Behaviour of the adsorbed Cl˙ intermediate in anodic Cl2 evolution at thin-film RuO2 surfaces

Abstract

Studies of the adsorption of the Cl˙ intermediate in anodic Cl₂ evolution at a series of four thin-film RuO₂ electrodes formed on a Ti substrate have been made by means of potential-relaxation measurements, following interruption of previous steady-state currents, coupled with determination of the current vs. overpotential kinetic relationships.

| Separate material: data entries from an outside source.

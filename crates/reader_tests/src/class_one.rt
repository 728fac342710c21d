//! A small class file that the tests read: the bytes of the class One.

use std::alloc::{AllocError, Global};

/// `class One`, a class with one method that prints a sum, as an assembler made it; `javap -v` shows what is
/// in it.
static PARTS: [&[u8]; 5] = [
    b"\xca\xfe\xba\xbe\0\0\0\x34\0\x14\x01\0\x03One\x07\0\x01\x01\0\x10java/lang/Object\x07\0\x03",
    b"\x01\0\x04main\x01\0\x16([Ljava/lang/String;)V\x01\0\x04Code\x01\0\x10java/lang/System\x07\0\x08",
    b"\x01\0\x03out\x01\0\x15Ljava/io/PrintStream;\x0c\0\x0a\0\x0b\x09\0\x09\0\x0c\x01\0\x13java/io/PrintStream",
    b"\x07\0\x0e\x01\0\x07println\x01\0\x04(I)V\x0c\0\x10\0\x11\x0a\0\x0f\0\x12\0\x21\0\x02\0\x04\0\0\0\0\0\x01",
    b"\0\x09\0\x05\0\x06\0\x01\0\x07\0\0\0\x16\0\x03\0\x01\0\0\0\x0a\xb2\0\x0d\x05\x06\x60\xb6\0\x13\xb1\0\0\0\0\0\0",
];

/// The bytes of the class One.
pub fn one(alloc: Global) -> Result<Vec<u8>, AllocError> {
    let mut bytes = Vec::new(alloc);
    for part in PARTS {
        bytes.extend_from_slice(part)?;
    }
    Ok(bytes)
}

/// The code of its method.
pub static CODE: &[u8] = b"\xb2\0\x0d\x05\x06\x60\xb6\0\x13\xb1";
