//! Tests of the content of a Code attribute, taken apart and written again.

use class_walk::{ContentRefusal, RawAttribute, RawCode, RawHandler, code_content};
use class_write::{read_classes_can_be_written, write_code};
use std::alloc::Global;
use std::test::Fail;

/// Two words of stack, one local, a return, a handler, and an attribute of no byte and one of one byte.
static CONTENT: &[u8] = b"\0\x02\0\x01\0\0\0\x01\xb1\0\x01\0\0\0\x01\0\x03\0\x09\
    \0\x02\0\x05\0\0\0\0\0\x06\0\0\0\x01\x07";

fn is_handler(handler: &RawHandler) -> bool {
    handler.from == 0 && handler.to == 1 && handler.at == 3 && handler.kind == 9
}

fn is_attribute(attribute: &RawAttribute) -> bool {
    attribute.at == 27 && attribute.name == 6 && attribute.content.as_slice() == [7].as_slice()
}

fn is_read(code: &RawCode) -> bool {
    let handler = match code.handlers.as_slice() {
        [handler] => is_handler(handler),
        _ => false,
    };
    handler
        && match code.attributes.as_slice() {
            [_, attribute] => is_attribute(attribute),
            _ => false,
        }
}

fn answer(alloc: Global, content: &[u8]) -> &'static str {
    match code_content(alloc, content) {
        Ok(code) if is_read(&code) => "read",
        Ok(_) => "read otherwise",
        Err(ContentRefusal::Malformed) => "malformed",
        Err(ContentRefusal::NoMemory) => "no memory",
    }
}

#[test]
fn code_has_handlers_and_attributes(rt: HostRuntime) -> Result<(), Fail> {
    assert!(rt; answer(rt.alloc(), CONTENT) == "read");
    for length in 0..34usize {
        let cut = CONTENT.get(..length).ok_or("the content has 34 bytes")?;
        assert!(rt; answer(rt.alloc(), cut) == "malformed");
    }
    assert!(rt; answer(rt.alloc(), &[0; 13]) == "malformed");
    Ok(())
}

/// Whether a content, taken apart and written, is the same again.
fn is_written_again(alloc: Global, content: &[u8]) -> bool {
    read_classes_can_be_written();
    match code_content(alloc, content) {
        Ok(code) => match write_code(alloc, &code) {
            Ok(written) => written.as_slice() == content,
            Err(_) => false,
        },
        Err(_) => false,
    }
}

#[test]
fn a_written_code_is_the_content(rt: HostRuntime) {
    assert!(rt; is_written_again(rt.alloc(), CONTENT));
}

Experiments at rotated RuO₂ electrodes show only a small effect, indicating that neither diffusion-controlled supply of Cl^– nor effects of Cl₂ supersaturation in the boundary region at the electrode materially effect the kinetic behaviour. This behaviour is manifested as continuously curved Tafel relations, which approach limiting currents at overvoltages of 0.2–0.3 V. Therefore, on these thin-film RuO₂ materials, kinetic control of Cl₂ evolution seems to be by the Cl˙ recombination pathway; this is supported by linearity of Conway–Novak test plots for the recombination mechanism.

Analysis of the potential-relaxation transients enables the pseudocapacitance, C_ϕ, for adsorbed Cl˙ to be determined. C_ϕ shows ascent to large values below 50–100 mV of overpotential, depending on temperature. Some problems arise, however, in reconciling this adsorption behaviour with expectations associated with recombination control.

The near-surface composition profiles of the RuO₂ films have been determined by means of Rutherford back-scattering and the average compositions, deeper into the films, by energy-dispersive X-ray emission analyses.